As I was learning at His feet, He drew my attention to Paul, who was given a thorn in the flesh in 2 Corinthians 12:7 “So to keep me from becoming conceited because of the surpassing greatness of the revelations, a thorn was given me in the flesh, a messenger of Satan to harass me, to keep me from becoming conceited.” I had a hard time wrapping my head around it. God was patient and waited for me to understand and believe. My reasoning was “how on earth that God felt Paul would become conceited when in reality he lost it all to follow Christ. If you recall, Paul was a high profile man and well connected. Why then, losing it all to follow Christ could cause him to become conceited? Worse than that, why did he actually believe there was a reason for him to be conceited too? As God took me on the path of revelation and I started experiencing Him left, right and center, day in day out. I understood too. I had to learn to come to terms with the fact that I might be one of the richest people that exist on this earth. Even bigger than those who make the Forbes list. In fact, I know I am. But it means nothing to man. I also understood why Paul needed to be kept from being conceited, because when God reveals Himself to you so much, as a mere human, you do need to be kept humble for your own sake.

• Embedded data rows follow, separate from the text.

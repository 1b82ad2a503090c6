//! ISO/IEC 13818-2, 7.6.4 to 7.6.7: one component of a macroblock, the block of one direction or the mean of two. Nothing here knows which
//! component it is.
//!
//! That a plane is readable, and how long an output is, stands in each contract: a plane or a frame of another type, with what was tested of
//! it, would be a copy, and copied a macroblock of two directions took 2 to 5 % more instructions; an output is a part of a longer one.
//! That a block has both fields' rows (`FieldRows`) is asked for where they may be interleaved: a field's own block has any.
ghost use Rattle.std.specs.Prelude.{◌≡◌, ◌+◌, ◌*◌, ◌%◌, ◌≤◌, ◌<◌, length};
ghost use Rattle.laws.specs.Tabulate.{tabulate};
ghost use Rattle.forming_predictions.specs.Means.{rounded};
ghost use Rattle.inter_reconstruction.specs.declared.motion.DirectionMotion.TheVariants.{Frame, Field};
ghost use Rattle.inter_reconstruction.specs.declared.motion.Uses.TheVariants.{Both};
ghost use Rattle.inter_reconstruction.specs.Frames.{plane_reading};
ghost use Rattle.inter_reconstruction.specs.Macroblock.{field_sample, direction_sample, used_sample, rectangle};
ghost use Rattle.inter_reconstruction.specs.inner.Blocks.{Readable, FieldRows, field_halves, interleaved_cell, forward_bytes};

use crate::area::Area;
use crate::motion::{DirectionMotion, FieldVector, FieldVectorPair, MotionVectorPel};
use crate::samples::copy_samples;
use combine_predictions::{
    PredictionDirection, average_predictions, combine_directional_predictions,
};
use forming_predictions::{FieldReference, ReferencePlane, predict_block};

// The calls below refuse nothing of what they are given here, and their answers are let go: with an `unwrap`, which asks for nothing when it
// runs, a field's block took 14 instructions more.

/// A block of the frame's rows.
fn predict_rows(plane: ReferencePlane<'_>, at: Area, v: MotionVectorPel, out: &mut [u8])
    requires { Readable plane × (length out.old ≡ at.width * at.height) }
    ensures { out.new ≡ rectangle at.width at.height (direction_sample rounded (plane_reading plane.entry) (Frame v)) at.x at.y }
{
    let _ = predict_block(
        plane,
        at.x as i32,
        at.y as i32,
        at.size(),
        v.horizontal,
        v.vertical,
        out,
    );
}

/// A block of a field's lines.
fn predict_lines(plane: ReferencePlane<'_>, at: Area, u: FieldVector, out: &mut [u8])
    requires { Readable plane × (length out.old ≡ at.width * at.height) }
    ensures { out.new ≡ rectangle at.width at.height (field_sample rounded (plane_reading plane.entry) u) at.x at.y }
{
    let v = u.vector;
    let reference_field = u.reference_field;
    let _ = predict_block(
        FieldReference {
            plane: plane,
            parity: reference_field,
        },
        at.x as i32,
        at.y as i32,
        at.size(),
        v.horizontal,
        v.vertical,
        out,
    );
}

/// A row of 8 or 16, by eights: a copy of a fixed length is one load and one store, and no call. It is a part of a local block: fixed memory.
fn copy_row(from: &[u8], out: &mut [u8])
    requires { (length out.old ≡ length from.now) × (0 < length out.old) × (length out.old ≤ 16) × (length out.old % 8 ≡ 0) }
    ensures { out.new ≡ from.now }
{
    copy_samples(&from[0..8], &mut out[0..8]);
    if out.len() == 8 {
        return;
    }
    copy_samples(&from[8..16], &mut out[8..16]);
}

/// Two field blocks of `half` rows, one after the other, become the rows of a frame: a row of the one, a row of the other.
fn interleave(halves: &[u8], width: usize, half: usize, out: &mut [u8])
    requires { (width ≤ 16) × (half ≤ 8) × (length halves.now ≡ width * (half + half)) × (length out.old ≡ width * (half + half)) × (0 < width) × (width % 8 ≡ 0) }
    ensures { out.new ≡ tabulate (width * (half + half)) (interleaved_cell halves.now width half) }
{
    let height = half + half;
    for r in 0..height {
        let a = (r % 2 * half + r / 2) * width;
        let b = a + width;
        let o = r * width;
        let e = o + width;
        copy_row(&halves[a..b], &mut out[o..e]);
    }
}

/// Both fields' lines, one block after the other. As there is one call for both, it is inlined, and what is the same for both fields is tested
/// once.
fn predict_halves(plane: ReferencePlane<'_>, at: Area, pair: FieldVectorPair, out: &mut [u8])
    requires { Readable plane × (length out.old ≡ at.width * at.height + at.width * at.height) }
    ensures { out.new ≡ field_halves (plane_reading plane.entry) pair at.width at.height at.x at.y }
{
    let n = at.bytes();
    for (f, &u) in [pair.top, pair.bottom].iter().enumerate() {
        let a = f * n;
        let e = a + n;
        predict_lines(plane, at, u, &mut out[a..e]);
    }
}

/// The block of a direction whose fields have vectors of their own: each field's lines, then interleaved.
#[tactic(auto, using(crate::proofs::Rectangles::halves_length, crate::proofs::Rectangles::interleaved_is, crate::proofs::Begun::front_is))]
fn predict_fields(plane: ReferencePlane<'_>, at: Area, pair: FieldVectorPair, out: &mut [u8])
    requires { Readable plane × (length out.old ≡ at.width * at.height) × FieldRows at.y at.height }
    ensures { out.new ≡ rectangle at.width at.height (direction_sample rounded (plane_reading plane.entry) (Field pair)) at.x at.y }
{
    // fixed memory: no heap in the layers, and no block is larger than 256
    let mut halves = [0u8; 256];
    let n = at.bytes();
    let lines = Area {
        x: at.x,
        y: at.y / 2,
        width: at.width,
        height: at.height / 2,
    };
    predict_halves(plane, lines, pair, &mut halves[..n]);
    interleave(&halves[..n], lines.width, lines.height, out);
}

/// The block of one direction.
pub(crate) fn predict_direction(
    plane: &ReferencePlane<'_>,
    at: Area,
    motion: &DirectionMotion,
    out: &mut [u8],
)
    requires { Readable plane.now × (length out.old ≡ at.width * at.height) × FieldRows at.y at.height }
    ensures { out.new ≡ rectangle at.width at.height (direction_sample rounded (plane_reading plane.now) motion.now) at.x at.y }
{
    match *motion {
        DirectionMotion::Frame(v) => predict_rows(*plane, at, v, out),
        DirectionMotion::Field(pair) => predict_fields(*plane, at, pair, out),
    }
}

/// How many bytes a block of n has of the forward prediction, where there is one direction alone.
fn forward_bytes(direction: PredictionDirection, n: usize) -> usize
    ensures { result ≡ forward_bytes direction n }
{
    match direction {
        PredictionDirection::Forward => n,
        PredictionDirection::Backward => 0,
        PredictionDirection::Skipped => n,
    }
}

/// Writes the prediction of the one direction that there is. The other direction's is empty.
pub(crate) fn store_chosen(direction: PredictionDirection, block: &[u8], out: &mut [u8])
    requires { length out.old ≡ length block.now }
    ensures { out.new ≡ block.now }
{
    let f = forward_bytes(direction, block.len());
    let b = block.len() - f;
    let chosen = combine_directional_predictions(direction, &block[..f], &block[..b]);
    copy_samples(chosen, out);
}

/// The block of a macroblock with two directions: each predicted into a local block, then averaged.
pub(crate) fn predict_two(
    forward: &ReferencePlane<'_>,
    forward_motion: &DirectionMotion,
    backward: &ReferencePlane<'_>,
    backward_motion: &DirectionMotion,
    at: Area,
    out: &mut [u8],
)
    requires { Readable forward.now × Readable backward.now × (length out.old ≡ at.width * at.height) × FieldRows at.y at.height }
    ensures { out.new ≡ rectangle at.width at.height (used_sample rounded (plane_reading forward.now) (plane_reading backward.now) (Both forward_motion.now backward_motion.now)) at.x at.y }
{
    // fixed memory, as above
    let mut first = [0u8; 256];
    let mut second = [0u8; 256];
    let n = at.bytes();
    predict_direction(forward, at, forward_motion, &mut first[..n]);
    predict_direction(backward, at, backward_motion, &mut second[..n]);
    let _ = average_predictions(&first[..n], &second[..n], out);
}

In Him, there is a richer life. None of us Christians, have the rights to seek for riches down here, when in reality we have not even scratched the surface of what salvation means to God, “not to us”. Focusing on money and earthly wealth can only take our focus off God because where your treasure is, there your heart will be also.
Do you want to know who you are and where your treasure is? Well, spend time, retrace yourself and see what occupies your mind the most during the day. Is it your portfolio? Your career? Your family? Your ministry? Some of you might say to me, well it is good to think about things like family and ministry all day long. Well, having been through it all, whatever occupies your mind is your first god, your idol, your master and your first love. God’s place has been usurped and you get it all backwards.
No matter what you are going through right now, His grace will always be sufficient to see you through whatever life’s circumstances you are in. Each trial we go through, is an opportunity to exchange it for a crown of glory in heaven. So, allow Him to transform you through the pain and suffering and you will see a depth of His grace and glory that is mind boggling. God cannot reveal to you what you are not ready to take in yet.